Saved data entries:
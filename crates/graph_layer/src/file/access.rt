//! Accessors of a layer, and iterators over its ids, its base ids and its commits.

ghost use Rattle.std.specs.Prelude.{◌≡◌, ◌+◌, ◌<◌, ◌≤◌, length, map, slice_index, slice_range};
ghost use Rattle.std.specs.Prelude.{slice_get, Some, IfSome, option_map, bytes_eq, string_bytes};
ghost use Rattle.gix_hash_core.specs.Kind.{id_len};
ghost use Rattle.gix_hash_core.specs.Oid.{oid_bytes};
ghost use Rattle.graph_format.specs.Format.{words, commits_of, chunk_of};
ghost use Rattle.graph_format.specs.DecodedRecords.{stored_parents};
ghost use Rattle.graph_format.specs.Layer.{IsLayer, record_at, bytes_of, decoded_layer};
ghost use Rattle.graph_format.specs.Layout.{IsLayout};
ghost use Rattle.graph_layer.specs.Commit.{commit_layer, commit_pos};

use crate::file::{Commit, File, Position, Shared};
use gix_hash_core::{Kind, oid};
use graph_format::chunks::{record_len, start_of};
use graph_format::layout::find_chunk;

/// The id of this kind that begins at an offset.
fn id_from(bytes: &[u8], start: usize, kind: Kind) -> oid<'_>
    requires { start + id_len kind ≤ length bytes.now }
    ensures { oid_bytes result ≡ slice_range bytes.now start (start + id_len kind) }
{
    oid::try_from_bytes(&bytes[start..start + kind.len_in_bytes()]).unwrap()
}

#[tactic(auto, using(crate::proofs::FileViewLemmas::view_laws))]
impl File {
    ghost use Rattle.graph_layer.specs.Remaining.{ids_left, base_ids_left, commits_left};
    ghost use Rattle.graph_format.specs.Layer.{positions_from};

    /// The number of layers below this one, on which it is based: byte 7 of the section "HEADER".
    pub fn base_graph_count(&self) -> u8
        ensures bases { result ≡ length self.now.bases }
        ensures byte { result ≡ slice_index (bytes_of self.now) 7 }
    {
        self.shared.layout.base_count
    }

    /// The kind of all ids in the file: byte 5 of the section "HEADER".
    pub fn object_hash(&self) -> Kind
        ensures { result ≡ self.now.kind }
    {
        self.shared.layout.kind
    }

    /// The number of commits: the last number of the section "OID Fanout".
    pub fn num_commits(&self) -> u32
        ensures ids { result ≡ length self.now.ids }
        ensures records { result ≡ length self.now.records }
        ensures fan { result ≡ commits_of self.now.fan }

        // The file was opened, so its bytes are a file of this layer.
        ensures layer { IsLayer (bytes_of self.now) self.now.path self.now }
    {
        self.shared().layout.commits
    }

    /// The path that the file was opened with.
    pub fn path(&self) -> &str
        ensures { result.now ≡ self.now.path }
    {
        self.shared.path.as_str()
    }

    /// The bytes of the file.
    pub fn bytes(&self) -> &[u8]
        ensures { result.now ≡ bytes_of self.now }
    {
        self.shared.bytes.as_slice()
    }

    /// The checksum as it is stored after the last chunk: the section "TRAILER". Whether it is the
    /// digest of the bytes before it is not known.
    pub fn checksum(&self) -> oid<'_>
        ensures { oid_bytes result ≡ self.now.checksum }
    {
        let bytes = self.shared.bytes.as_slice();
        id_from(bytes, self.shared.layout.trailer_start, self.object_hash())
    }

    /// The id of the commit at a position below `num_commits()`: the section "OID Lookup".
    pub fn id_at(&self, pos: Position) -> oid<'_>
        requires { pos.0 < length self.now.ids }
        ensures { slice_get self.now.ids pos.0 ≡ Some (oid_bytes result) }
    {
        let bytes = self.shared.bytes.as_slice();
        let kind = self.object_hash();
        let start = self.shared.layout.chunks.ids.start + kind.len_in_bytes() * pos.0 as usize;
        id_from(bytes, start, kind)
    }

    /// The commit at a position below `num_commits()`: the section "Commit Data".
    pub fn commit_at(&self, pos: Position) -> Commit<'_>
        requires { pos.0 < length self.now.ids }
        ensures layer { commit_layer result ≡ self.now }
        ensures pos { commit_pos result ≡ pos.0 }
    {
        Commit::new(self, pos)
    }

    /// The bytes of the chunk with an id, `None` where the file has no such chunk: the section
    /// "CHUNK LOOKUP". The table of chunks is gone through at each call.
    pub fn chunk(&self, id: [u8; 4]) -> Option<&[u8]>
        ensures { option_map (λ chunk. chunk.now) result ≡ chunk_of (bytes_of self.now) id }
    {
        let bytes = self.shared.bytes.as_slice();
        match find_chunk(bytes, id) {
            Some(place) => Some(&bytes[place.start..place.end]),
            None => None,
        }
    }

    /// The ids of the layers below this one, the lowest first: the section "Base Graphs List".
    pub fn iter_base_graph_ids(&self) -> BaseIds<'_>
        ensures { base_ids_left result ≡ self.now.bases }
    {
        BaseIds::new(self)
    }

    /// The ids of the commits, in the order of their positions.
    pub fn iter_ids(&self) -> Ids<'_>
        ensures { ids_left result ≡ self.now.ids }
    {
        Ids::new(self)
    }

    /// The commits, in the order of their positions.
    pub fn iter_commits(&self) -> Commits<'_>
        ensures { commits_left result ≡ positions_from self.now 0 }
    {
        Commits::new(self)
    }

    /// What the layer keeps.
    pub(super) fn shared(&self) -> &Shared
        ensures layout { IsLayout result.now.bytes result.now.layout }
        ensures layer { decoded_layer result.now.bytes (string_bytes result.now.path) ≡ self.now }
    {
        &self.shared
    }

    /// The id of a layer below this one.
    pub(crate) fn base_id_at(&self, index: u8) -> oid<'_>
        requires { index < length self.now.bases }
        ensures { slice_get self.now.bases index ≡ Some (oid_bytes result) }
    {
        let bytes = self.shared.bytes.as_slice();
        let kind = self.object_hash();
        let start = start_of(self.shared.layout.chunks.bases)
            + kind.len_in_bytes() * index as usize;
        id_from(bytes, start, kind)
    }

    /// Whether two files have the same bytes.
    pub(super) fn has_bytes_of(&self, other: &File) -> bool
        ensures { result ≡ bytes_eq (bytes_of self.now) (bytes_of other.now) }
    {
        self.bytes() == other.bytes()
    }

    /// The id of a commit's root tree.
    pub(super) fn root_tree_at(&self, pos: Position) -> oid<'_>
        requires { pos.0 < length self.now.ids }
        ensures { oid_bytes result ≡ (record_at self.now pos.0).tree }
    {
        let shared = self.shared();
        let bytes = shared.bytes.as_slice();
        let kind = self.object_hash();
        let start = shared.layout.chunks.records.start + record_len(kind) * pos.0 as usize;
        id_from(bytes, start, kind)
    }

    /// The generation numbers of the commits, in the order of their positions.
    pub(crate) fn generations(&self) -> &[u32]
        ensures fields { result.now ≡ map (λ r. r.generation) self.now.records }
        ensures len { length result.now ≡ length self.now.ids }
    {
        &self.shared.records.generations
    }

    /// The times of the commits, in the order of their positions.
    pub(crate) fn times(&self) -> &[u64]
        ensures fields { result.now ≡ map (λ r. r.time) self.now.records }
        ensures len { length result.now ≡ length self.now.ids }
    {
        &self.shared.records.times
    }

    /// Both parent fields of the commits, in the order of their positions.
    pub(crate) fn parent_fields(&self) -> &[(u32, u32)]
        ensures fields { result.now ≡ map stored_parents self.now.records }
        ensures len { length result.now ≡ length self.now.ids }
    {
        &self.shared.records.parent_fields
    }

    /// The words of the extra edge list, where the file has one.
    pub(crate) fn extra_edges(&self) -> Option<&[u32]>
        ensures { option_map (λ edges. edges.now) result ≡ option_map words self.now.edges }
    {
        match &self.shared.extra_edges {
            Some(edges) => Some(edges),
            None => None,
        }
    }
}

/// An iterator over the ids of a layer, in the order of their positions. It gives each once, and
/// then `None` for good.
#[derive(Drop)]
pub struct Ids<'a> {
    file: &'a File,
    next: u32,
    ghost within: { next ≤ length file.now.ids },
}

impl<'a> Ids<'a> {
    ghost use Rattle.graph_layer.specs.Remaining.{ids_left};

    fn new(file: &'a File) -> Ids<'a>
        ensures { ids_left result ≡ file.now.ids }
    {
        Ids { file, next: 0 }
    }
}

impl<'a> Iterator for Ids<'a> {
    ghost use Rattle.std.specs.Iterator.{YieldsFirstBy, item_count, UpTo};
    ghost use Rattle.std.specs.Iterator.SizeHint.{IsWithinCount};
    ghost use Rattle.graph_layer.specs.Remaining.{ids_left};

    type Item = oid<'a>;

    ghost next_gives = { YieldsFirstBy oid_bytes ids_left };

    ghost remaining = { item_count ids_left };

    #[tactic(auto, using(crate::proofs::ElementLemmas::element_laws))]
    fn next(&mut self) -> Option<oid<'a>> {
        if self.next == self.file.num_commits() {
            return None;
        }
        let id = self.file.id_at(Position(self.next));
        self.next += 1;
        Some(id)
    }

    fn size_hint(&self) -> (usize, Option<usize>)
        ensures exact { result ≡ (length (ids_left self.now), Some (length (ids_left self.now))) }
        ensures lower { IsWithinCount result.0 (item_count ids_left self.now) }
        ensures upper { IfSome result.1 (UpTo (item_count ids_left self.now)) }
    {
        let ids = (self.file.num_commits() - self.next) as usize;
        (ids, Some(ids))
    }
}

/// An iterator over the ids of the layers below a layer, the lowest first. It gives each once, and
/// then `None` for good.
#[derive(Drop)]
pub struct BaseIds<'a> {
    file: &'a File,
    next: u8,
    ghost within: { next ≤ length file.now.bases },
}

impl<'a> BaseIds<'a> {
    ghost use Rattle.graph_layer.specs.Remaining.{base_ids_left};

    fn new(file: &'a File) -> BaseIds<'a>
        ensures { base_ids_left result ≡ file.now.bases }
    {
        BaseIds { file, next: 0 }
    }
}

impl<'a> Iterator for BaseIds<'a> {
    ghost use Rattle.std.specs.Iterator.{YieldsFirstBy, item_count, UpTo};
    ghost use Rattle.std.specs.Iterator.SizeHint.{IsWithinCount};
    ghost use Rattle.graph_layer.specs.Remaining.{base_ids_left};

    type Item = oid<'a>;

    ghost next_gives = { YieldsFirstBy oid_bytes base_ids_left };

    ghost remaining = { item_count base_ids_left };

    #[tactic(auto, using(crate::proofs::ElementLemmas::element_laws))]
    fn next(&mut self) -> Option<oid<'a>> {
        if self.next == self.file.base_graph_count() {
            return None;
        }
        let id = self.file.base_id_at(self.next);
        self.next += 1;
        Some(id)
    }

    fn size_hint(&self) -> (usize, Option<usize>)
        ensures exact { result
            ≡ (length (base_ids_left self.now), Some (length (base_ids_left self.now))) }
        ensures lower { IsWithinCount result.0 (item_count base_ids_left self.now) }
        ensures upper { IfSome result.1 (UpTo (item_count base_ids_left self.now)) }
    {
        let left = (self.file.base_graph_count() - self.next) as usize;
        (left, Some(left))
    }
}

/// An iterator over the commits of a layer, in the order of their positions. It gives each once,
/// and then `None` for good.
#[derive(Drop)]
pub struct Commits<'a> {
    file: &'a File,
    next: u32,
    ghost within: { next ≤ length file.now.ids },
}

impl<'a> Commits<'a> {
    ghost use Rattle.graph_layer.specs.Remaining.{commits_left};
    ghost use Rattle.graph_format.specs.Layer.{positions_from};

    fn new(file: &'a File) -> Commits<'a>
        ensures { commits_left result ≡ positions_from file.now 0 }
    {
        Commits { file, next: 0 }
    }
}

impl<'a> Iterator for Commits<'a> {
    ghost use Rattle.std.specs.Iterator.{YieldsFirstBy, item_count, UpTo};
    ghost use Rattle.std.specs.Iterator.SizeHint.{IsWithinCount};
    ghost use Rattle.graph_layer.specs.Commit.{layer_and_position};
    ghost use Rattle.graph_layer.specs.Remaining.{commits_left};

    type Item = Commit<'a>;

    ghost next_gives = { YieldsFirstBy layer_and_position commits_left };

    ghost remaining = { item_count commits_left };

    #[tactic(auto, using(crate::proofs::ElementLemmas::element_laws))]
    fn next(&mut self) -> Option<Commit<'a>> {
        if self.next == self.file.num_commits() {
            return None;
        }
        let commit = self.file.commit_at(Position(self.next));
        self.next += 1;
        Some(commit)
    }

    #[tactic(auto, using(crate::proofs::ElementLemmas::element_laws))]
    fn size_hint(&self) -> (usize, Option<usize>)
        ensures exact { result
            ≡ (length (commits_left self.now), Some (length (commits_left self.now))) }
        ensures lower { IsWithinCount result.0 (item_count commits_left self.now) }
        ensures upper { IfSome result.1 (UpTo (item_count commits_left self.now)) }
    {
        let commits = (self.file.num_commits() - self.next) as usize;
        (commits, Some(commits))
    }
}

*YOUR GOAL:* Which lines of the data contain the string "order"? Copy each one.

*SOLUTION TO THIS PROBLEM:*
    /// The ids of the commits, in the order of their positions.
    /// The commits, in the order of their positions.
    /// The generation numbers of the commits, in the order of their positions.
    /// The times of the commits, in the order of their positions.
    /// Both parent fields of the commits, in the order of their positions.
/// An iterator over the ids of a layer, in the order of their positions. It gives each once, and
/// An iterator over the commits of a layer, in the order of their positions. It gives each once,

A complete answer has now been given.